*** Data to process ***

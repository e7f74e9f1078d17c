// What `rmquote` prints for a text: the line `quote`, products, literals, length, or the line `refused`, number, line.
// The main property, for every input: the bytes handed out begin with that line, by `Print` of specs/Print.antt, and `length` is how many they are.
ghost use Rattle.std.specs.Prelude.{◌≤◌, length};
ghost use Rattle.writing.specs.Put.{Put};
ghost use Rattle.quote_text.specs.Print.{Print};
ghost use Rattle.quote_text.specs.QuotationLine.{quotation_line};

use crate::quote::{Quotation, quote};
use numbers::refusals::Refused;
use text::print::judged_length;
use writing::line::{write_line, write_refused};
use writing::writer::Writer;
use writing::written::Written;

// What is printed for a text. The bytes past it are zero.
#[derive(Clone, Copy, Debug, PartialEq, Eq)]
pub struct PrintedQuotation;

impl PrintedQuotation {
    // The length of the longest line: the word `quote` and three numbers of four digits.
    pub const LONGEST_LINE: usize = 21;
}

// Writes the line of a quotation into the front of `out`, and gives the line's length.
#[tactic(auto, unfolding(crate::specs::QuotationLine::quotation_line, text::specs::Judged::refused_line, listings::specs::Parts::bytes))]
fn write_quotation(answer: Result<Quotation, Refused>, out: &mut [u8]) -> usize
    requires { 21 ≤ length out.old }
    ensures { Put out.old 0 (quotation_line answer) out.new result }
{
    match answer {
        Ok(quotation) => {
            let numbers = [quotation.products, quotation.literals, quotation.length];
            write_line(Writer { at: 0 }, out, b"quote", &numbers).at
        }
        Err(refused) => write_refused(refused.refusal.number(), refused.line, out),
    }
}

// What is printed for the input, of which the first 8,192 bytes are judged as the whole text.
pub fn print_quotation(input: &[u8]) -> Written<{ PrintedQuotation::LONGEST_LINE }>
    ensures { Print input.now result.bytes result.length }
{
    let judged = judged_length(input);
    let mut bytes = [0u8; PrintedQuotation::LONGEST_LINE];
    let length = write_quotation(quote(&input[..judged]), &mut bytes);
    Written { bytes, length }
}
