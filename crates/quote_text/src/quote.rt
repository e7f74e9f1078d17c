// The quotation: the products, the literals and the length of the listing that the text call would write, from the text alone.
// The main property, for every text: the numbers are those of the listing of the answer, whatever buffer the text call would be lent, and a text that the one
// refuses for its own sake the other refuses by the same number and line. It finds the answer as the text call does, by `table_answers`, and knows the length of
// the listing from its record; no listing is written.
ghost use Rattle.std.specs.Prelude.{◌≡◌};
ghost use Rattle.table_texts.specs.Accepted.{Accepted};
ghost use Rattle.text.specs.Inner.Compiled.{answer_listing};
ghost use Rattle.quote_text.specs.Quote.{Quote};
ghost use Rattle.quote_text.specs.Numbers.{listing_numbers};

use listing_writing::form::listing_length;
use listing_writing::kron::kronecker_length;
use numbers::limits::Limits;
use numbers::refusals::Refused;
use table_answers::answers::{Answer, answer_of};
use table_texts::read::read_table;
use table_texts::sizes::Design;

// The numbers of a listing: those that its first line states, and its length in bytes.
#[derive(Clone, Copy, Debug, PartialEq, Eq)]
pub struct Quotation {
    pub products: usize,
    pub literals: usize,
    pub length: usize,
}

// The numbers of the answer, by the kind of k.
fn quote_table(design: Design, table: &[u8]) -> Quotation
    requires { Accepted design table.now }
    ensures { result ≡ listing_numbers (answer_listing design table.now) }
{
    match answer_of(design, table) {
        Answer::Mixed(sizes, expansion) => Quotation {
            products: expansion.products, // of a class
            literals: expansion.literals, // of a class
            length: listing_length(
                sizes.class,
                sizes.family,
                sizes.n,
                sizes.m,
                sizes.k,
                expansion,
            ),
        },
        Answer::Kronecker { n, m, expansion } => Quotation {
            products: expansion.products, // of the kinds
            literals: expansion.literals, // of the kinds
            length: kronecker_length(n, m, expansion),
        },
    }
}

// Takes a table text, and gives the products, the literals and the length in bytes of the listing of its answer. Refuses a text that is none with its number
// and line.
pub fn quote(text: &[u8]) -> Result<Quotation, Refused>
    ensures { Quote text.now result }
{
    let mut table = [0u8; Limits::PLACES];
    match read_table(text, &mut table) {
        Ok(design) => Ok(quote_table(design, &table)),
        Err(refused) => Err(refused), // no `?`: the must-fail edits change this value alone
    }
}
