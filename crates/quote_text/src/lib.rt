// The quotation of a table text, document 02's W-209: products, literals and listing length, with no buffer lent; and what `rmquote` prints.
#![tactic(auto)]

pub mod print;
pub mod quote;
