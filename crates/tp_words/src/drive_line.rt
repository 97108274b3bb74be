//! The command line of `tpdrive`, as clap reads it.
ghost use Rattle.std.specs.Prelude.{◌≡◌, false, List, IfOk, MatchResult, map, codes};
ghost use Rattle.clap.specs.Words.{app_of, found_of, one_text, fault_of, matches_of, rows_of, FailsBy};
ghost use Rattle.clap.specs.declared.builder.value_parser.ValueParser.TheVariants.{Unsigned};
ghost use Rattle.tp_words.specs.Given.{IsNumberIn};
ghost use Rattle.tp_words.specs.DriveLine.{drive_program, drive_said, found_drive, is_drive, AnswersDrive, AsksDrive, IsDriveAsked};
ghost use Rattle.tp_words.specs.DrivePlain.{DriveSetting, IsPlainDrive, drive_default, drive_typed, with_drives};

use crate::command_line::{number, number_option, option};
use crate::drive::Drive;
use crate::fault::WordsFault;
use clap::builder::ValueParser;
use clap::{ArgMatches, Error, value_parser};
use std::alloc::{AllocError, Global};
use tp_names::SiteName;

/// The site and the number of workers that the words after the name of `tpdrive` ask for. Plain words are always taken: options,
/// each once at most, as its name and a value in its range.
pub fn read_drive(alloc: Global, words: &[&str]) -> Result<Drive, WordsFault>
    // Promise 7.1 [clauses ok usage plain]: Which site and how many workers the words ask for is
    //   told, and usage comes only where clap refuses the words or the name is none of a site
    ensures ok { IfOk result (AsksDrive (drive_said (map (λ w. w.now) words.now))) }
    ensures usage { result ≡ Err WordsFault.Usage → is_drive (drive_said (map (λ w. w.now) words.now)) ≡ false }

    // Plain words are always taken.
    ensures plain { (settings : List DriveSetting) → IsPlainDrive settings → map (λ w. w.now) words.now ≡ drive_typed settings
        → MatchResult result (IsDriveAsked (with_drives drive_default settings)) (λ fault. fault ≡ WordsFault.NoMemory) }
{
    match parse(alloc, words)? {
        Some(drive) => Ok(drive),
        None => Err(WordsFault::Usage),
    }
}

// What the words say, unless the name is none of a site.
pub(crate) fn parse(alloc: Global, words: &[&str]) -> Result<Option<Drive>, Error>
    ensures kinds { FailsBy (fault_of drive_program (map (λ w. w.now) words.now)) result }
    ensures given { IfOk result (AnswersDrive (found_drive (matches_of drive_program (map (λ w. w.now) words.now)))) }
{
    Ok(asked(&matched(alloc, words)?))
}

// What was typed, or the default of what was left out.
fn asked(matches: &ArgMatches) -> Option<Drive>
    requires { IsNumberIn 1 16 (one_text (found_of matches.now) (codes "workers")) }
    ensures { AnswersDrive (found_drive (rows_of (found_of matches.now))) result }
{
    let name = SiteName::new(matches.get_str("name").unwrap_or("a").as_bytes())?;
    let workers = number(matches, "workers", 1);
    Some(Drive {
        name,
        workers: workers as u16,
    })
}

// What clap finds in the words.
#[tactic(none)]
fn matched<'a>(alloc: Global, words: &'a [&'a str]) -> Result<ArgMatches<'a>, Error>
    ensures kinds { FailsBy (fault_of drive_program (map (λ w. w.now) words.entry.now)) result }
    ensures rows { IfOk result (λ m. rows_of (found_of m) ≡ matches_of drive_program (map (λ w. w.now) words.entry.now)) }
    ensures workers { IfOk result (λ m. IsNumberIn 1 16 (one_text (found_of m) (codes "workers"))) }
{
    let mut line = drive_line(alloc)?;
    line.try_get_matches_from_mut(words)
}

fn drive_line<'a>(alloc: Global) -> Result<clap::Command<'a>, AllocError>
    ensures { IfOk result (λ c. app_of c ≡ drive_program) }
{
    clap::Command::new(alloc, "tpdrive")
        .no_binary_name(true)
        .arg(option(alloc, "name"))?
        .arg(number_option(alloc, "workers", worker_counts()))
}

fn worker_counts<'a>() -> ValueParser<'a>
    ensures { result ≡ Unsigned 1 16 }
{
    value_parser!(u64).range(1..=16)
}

*** End of Data to process ***
*** Data to process ***

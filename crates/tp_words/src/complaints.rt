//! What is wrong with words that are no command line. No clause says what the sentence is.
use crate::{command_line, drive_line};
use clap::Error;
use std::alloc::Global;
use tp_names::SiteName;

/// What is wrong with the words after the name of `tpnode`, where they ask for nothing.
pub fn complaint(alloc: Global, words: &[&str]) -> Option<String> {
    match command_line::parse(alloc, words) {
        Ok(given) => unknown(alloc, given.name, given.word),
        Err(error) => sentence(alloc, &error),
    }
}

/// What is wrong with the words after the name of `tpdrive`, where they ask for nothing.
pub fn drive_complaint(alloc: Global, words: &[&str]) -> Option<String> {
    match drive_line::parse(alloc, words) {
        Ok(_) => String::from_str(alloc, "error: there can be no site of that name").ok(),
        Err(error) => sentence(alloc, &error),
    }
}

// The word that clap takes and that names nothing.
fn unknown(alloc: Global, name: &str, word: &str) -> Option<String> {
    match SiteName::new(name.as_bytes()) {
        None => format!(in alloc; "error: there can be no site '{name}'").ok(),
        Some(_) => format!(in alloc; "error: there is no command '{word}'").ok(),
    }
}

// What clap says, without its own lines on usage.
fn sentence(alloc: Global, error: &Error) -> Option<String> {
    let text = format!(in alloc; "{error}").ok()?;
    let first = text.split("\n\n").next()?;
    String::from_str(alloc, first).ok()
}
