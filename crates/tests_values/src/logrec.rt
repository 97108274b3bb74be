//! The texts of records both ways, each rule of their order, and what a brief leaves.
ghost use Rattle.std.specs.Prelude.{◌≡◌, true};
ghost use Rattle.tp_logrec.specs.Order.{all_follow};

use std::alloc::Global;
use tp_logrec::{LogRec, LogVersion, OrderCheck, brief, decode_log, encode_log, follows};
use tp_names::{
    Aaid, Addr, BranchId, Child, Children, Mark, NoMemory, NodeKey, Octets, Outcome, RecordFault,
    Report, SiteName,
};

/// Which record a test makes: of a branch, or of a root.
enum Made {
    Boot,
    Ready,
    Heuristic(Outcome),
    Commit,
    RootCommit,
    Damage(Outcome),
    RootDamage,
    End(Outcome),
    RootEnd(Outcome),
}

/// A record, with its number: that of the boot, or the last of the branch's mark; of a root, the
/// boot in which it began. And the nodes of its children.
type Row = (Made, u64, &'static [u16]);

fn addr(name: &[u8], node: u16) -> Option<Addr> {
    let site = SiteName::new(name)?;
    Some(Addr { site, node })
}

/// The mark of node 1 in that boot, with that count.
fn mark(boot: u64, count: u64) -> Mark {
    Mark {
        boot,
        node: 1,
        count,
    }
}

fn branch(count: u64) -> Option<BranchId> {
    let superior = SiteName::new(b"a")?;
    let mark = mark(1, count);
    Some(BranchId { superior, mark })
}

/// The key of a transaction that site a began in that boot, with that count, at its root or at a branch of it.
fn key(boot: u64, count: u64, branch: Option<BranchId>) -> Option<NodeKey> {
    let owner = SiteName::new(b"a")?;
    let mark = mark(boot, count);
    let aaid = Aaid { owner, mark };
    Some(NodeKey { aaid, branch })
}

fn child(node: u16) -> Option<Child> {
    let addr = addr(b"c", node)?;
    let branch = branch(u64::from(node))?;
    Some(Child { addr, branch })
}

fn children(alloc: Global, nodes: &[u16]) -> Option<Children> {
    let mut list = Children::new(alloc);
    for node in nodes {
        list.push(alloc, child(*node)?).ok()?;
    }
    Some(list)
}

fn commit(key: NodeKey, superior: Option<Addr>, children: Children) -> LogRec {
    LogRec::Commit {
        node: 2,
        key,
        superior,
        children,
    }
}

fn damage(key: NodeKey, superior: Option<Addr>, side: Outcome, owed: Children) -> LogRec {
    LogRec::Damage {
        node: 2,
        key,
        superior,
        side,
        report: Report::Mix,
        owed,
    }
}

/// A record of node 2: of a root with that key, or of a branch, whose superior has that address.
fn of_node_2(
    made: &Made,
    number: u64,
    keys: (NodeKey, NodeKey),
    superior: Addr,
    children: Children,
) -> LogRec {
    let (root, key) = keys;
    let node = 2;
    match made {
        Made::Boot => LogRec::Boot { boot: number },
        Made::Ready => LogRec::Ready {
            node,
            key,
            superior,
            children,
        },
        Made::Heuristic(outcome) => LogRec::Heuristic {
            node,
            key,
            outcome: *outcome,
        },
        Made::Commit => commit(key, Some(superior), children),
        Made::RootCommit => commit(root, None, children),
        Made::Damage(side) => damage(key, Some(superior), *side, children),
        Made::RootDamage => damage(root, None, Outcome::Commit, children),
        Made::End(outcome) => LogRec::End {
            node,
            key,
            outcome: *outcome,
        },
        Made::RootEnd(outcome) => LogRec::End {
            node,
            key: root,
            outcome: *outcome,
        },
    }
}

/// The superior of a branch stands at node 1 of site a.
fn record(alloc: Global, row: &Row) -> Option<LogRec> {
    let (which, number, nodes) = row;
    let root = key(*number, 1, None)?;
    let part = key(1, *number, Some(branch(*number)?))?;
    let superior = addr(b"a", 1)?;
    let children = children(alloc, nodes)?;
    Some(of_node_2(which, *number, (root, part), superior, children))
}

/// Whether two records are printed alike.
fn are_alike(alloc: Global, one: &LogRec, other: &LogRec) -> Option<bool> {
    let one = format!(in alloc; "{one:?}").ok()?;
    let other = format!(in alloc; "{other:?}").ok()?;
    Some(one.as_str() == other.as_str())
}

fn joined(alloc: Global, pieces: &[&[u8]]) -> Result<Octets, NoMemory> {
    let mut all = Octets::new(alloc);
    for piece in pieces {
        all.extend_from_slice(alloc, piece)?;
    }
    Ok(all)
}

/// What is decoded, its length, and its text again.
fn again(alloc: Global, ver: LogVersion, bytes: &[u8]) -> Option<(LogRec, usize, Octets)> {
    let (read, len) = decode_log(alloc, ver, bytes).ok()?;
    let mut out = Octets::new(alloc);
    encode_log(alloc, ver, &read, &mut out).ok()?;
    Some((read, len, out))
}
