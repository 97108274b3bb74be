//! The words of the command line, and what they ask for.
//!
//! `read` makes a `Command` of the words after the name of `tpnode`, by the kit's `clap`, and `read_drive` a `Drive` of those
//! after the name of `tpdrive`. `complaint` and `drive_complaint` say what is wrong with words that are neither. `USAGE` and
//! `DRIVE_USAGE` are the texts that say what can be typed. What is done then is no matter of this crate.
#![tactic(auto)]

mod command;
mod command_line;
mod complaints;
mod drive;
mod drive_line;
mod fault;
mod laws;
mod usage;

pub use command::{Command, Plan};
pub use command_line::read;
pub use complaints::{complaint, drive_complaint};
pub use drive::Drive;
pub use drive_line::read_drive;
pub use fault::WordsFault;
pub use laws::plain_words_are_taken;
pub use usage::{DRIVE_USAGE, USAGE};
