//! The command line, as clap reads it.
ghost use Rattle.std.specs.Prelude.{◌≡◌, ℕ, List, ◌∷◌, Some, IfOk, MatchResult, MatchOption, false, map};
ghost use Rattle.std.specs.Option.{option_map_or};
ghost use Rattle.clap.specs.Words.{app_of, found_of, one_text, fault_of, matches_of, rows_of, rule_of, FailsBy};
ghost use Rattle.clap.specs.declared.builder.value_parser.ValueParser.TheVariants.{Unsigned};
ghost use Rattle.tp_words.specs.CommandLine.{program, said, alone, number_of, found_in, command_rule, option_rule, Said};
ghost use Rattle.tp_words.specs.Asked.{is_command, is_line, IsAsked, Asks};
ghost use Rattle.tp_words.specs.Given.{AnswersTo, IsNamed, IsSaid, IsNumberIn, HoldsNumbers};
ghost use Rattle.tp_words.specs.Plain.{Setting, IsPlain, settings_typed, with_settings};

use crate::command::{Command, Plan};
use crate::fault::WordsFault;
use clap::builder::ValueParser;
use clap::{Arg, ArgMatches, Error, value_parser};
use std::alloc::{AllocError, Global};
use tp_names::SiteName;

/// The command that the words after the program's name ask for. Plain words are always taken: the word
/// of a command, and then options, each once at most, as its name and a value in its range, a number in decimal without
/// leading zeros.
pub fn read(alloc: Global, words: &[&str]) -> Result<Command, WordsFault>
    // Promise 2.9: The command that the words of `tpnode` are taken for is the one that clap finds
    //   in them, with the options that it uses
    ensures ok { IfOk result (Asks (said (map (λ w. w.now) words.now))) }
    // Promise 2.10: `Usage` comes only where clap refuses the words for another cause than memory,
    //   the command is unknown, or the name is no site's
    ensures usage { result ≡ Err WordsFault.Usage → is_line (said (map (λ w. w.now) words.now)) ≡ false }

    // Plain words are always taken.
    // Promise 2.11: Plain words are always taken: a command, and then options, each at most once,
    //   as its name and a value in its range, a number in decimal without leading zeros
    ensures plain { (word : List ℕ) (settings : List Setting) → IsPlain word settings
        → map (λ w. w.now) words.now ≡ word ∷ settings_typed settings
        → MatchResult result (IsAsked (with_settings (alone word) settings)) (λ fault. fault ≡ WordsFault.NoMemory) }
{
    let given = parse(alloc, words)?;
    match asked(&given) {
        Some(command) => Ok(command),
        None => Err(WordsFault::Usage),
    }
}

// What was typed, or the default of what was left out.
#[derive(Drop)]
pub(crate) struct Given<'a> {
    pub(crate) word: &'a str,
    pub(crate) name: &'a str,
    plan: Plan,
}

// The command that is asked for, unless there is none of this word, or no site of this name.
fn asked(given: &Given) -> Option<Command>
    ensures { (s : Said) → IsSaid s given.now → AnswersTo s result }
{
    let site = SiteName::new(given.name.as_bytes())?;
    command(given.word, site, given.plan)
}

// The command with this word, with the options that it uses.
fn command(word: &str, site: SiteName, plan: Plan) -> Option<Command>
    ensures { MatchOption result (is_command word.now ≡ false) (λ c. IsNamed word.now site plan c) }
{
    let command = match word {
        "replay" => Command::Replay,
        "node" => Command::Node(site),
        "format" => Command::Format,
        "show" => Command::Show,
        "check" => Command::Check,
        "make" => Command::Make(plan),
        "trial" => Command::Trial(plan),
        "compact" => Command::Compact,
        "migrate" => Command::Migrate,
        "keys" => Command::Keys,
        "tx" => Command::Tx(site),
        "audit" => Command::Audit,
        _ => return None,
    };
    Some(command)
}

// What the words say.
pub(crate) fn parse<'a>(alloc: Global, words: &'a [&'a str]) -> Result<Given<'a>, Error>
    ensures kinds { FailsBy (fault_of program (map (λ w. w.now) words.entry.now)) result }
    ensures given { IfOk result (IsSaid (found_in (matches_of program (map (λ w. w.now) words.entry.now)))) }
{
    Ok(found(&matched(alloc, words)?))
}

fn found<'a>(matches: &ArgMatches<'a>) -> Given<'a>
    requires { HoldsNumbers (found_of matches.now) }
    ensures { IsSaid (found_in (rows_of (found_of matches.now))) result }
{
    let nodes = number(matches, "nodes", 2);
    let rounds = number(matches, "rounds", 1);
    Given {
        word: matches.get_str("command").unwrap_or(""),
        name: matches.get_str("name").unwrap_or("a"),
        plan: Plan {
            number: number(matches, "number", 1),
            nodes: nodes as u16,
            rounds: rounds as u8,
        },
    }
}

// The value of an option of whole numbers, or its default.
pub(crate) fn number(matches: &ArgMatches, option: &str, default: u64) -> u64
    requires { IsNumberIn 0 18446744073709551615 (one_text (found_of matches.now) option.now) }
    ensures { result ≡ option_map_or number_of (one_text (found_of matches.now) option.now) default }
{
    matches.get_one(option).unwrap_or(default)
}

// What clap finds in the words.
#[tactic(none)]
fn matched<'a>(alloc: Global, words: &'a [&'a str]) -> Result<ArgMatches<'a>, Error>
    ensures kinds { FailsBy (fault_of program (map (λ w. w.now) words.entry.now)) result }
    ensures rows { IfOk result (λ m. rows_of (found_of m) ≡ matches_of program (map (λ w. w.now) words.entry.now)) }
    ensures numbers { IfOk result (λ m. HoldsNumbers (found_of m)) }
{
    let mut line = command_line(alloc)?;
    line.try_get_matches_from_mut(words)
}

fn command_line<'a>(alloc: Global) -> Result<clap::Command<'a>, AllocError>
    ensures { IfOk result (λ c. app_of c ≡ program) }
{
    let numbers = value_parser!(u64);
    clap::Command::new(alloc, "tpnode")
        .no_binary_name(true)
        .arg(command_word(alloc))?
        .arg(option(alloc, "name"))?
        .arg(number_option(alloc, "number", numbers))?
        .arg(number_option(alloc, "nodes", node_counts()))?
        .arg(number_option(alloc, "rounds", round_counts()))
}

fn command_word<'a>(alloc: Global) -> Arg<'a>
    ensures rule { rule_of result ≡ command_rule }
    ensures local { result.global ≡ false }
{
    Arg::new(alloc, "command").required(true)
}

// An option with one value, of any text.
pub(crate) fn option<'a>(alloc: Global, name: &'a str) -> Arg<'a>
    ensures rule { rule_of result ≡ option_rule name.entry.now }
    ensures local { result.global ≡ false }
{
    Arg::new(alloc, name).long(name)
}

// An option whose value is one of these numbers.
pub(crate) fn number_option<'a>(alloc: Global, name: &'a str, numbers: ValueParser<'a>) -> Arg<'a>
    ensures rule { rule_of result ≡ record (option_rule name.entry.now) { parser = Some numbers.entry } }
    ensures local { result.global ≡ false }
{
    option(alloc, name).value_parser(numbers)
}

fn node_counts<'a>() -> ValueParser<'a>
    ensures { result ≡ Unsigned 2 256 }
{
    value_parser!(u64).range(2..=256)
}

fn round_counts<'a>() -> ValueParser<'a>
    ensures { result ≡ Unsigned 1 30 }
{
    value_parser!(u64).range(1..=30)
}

*** End of Data to process ***
*** Data to process ***

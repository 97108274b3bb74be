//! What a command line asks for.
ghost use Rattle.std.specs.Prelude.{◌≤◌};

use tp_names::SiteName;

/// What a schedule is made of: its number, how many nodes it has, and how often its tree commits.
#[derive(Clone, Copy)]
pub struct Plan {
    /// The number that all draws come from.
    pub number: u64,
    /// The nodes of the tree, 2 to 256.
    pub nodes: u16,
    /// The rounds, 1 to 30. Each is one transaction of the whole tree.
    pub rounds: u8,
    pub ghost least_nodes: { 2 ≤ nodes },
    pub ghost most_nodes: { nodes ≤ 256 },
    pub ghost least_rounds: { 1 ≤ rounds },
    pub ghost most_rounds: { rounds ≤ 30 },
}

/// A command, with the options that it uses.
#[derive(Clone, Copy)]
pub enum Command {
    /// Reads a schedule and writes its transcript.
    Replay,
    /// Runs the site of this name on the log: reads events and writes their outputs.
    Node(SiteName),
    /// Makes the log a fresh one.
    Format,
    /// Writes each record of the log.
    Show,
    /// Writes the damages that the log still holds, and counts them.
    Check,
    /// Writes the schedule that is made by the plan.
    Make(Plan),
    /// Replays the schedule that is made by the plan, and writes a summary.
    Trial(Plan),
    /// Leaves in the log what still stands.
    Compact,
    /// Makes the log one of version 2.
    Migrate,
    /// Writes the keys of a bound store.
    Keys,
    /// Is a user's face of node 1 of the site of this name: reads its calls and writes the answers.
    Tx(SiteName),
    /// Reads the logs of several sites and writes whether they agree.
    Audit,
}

*** End of Data to process ***

Word for word, restate the lines above from the line containing "fn quote_table(design: Design, table: &[u8])" through the line containing "let mut table = [0u8; Limits::PLACES];", with both included and nothing else.

* Written answer *
fn quote_table(design: Design, table: &[u8]) -> Quotation
    requires { Accepted design table.now }
    ensures { result ≡ listing_numbers (answer_listing design table.now) }
{
    match answer_of(design, table) {
        Answer::Mixed(sizes, expansion) => Quotation {
            products: expansion.products, // of a class
            literals: expansion.literals, // of a class
            length: listing_length(
                sizes.class,
                sizes.family,
                sizes.n,
                sizes.m,
                sizes.k,
                expansion,
            ),
        },
        Answer::Kronecker { n, m, expansion } => Quotation {
            products: expansion.products, // of the kinds
            literals: expansion.literals, // of the kinds
            length: kronecker_length(n, m, expansion),
        },
    }
}

// Takes a table text, and gives the products, the literals and the length in bytes of the listing of its answer. Refuses a text that is none with its number
// and line.
pub fn quote(text: &[u8]) -> Result<Quotation, Refused>
    ensures { Quote text.now result }
{
    let mut table = [0u8; Limits::PLACES];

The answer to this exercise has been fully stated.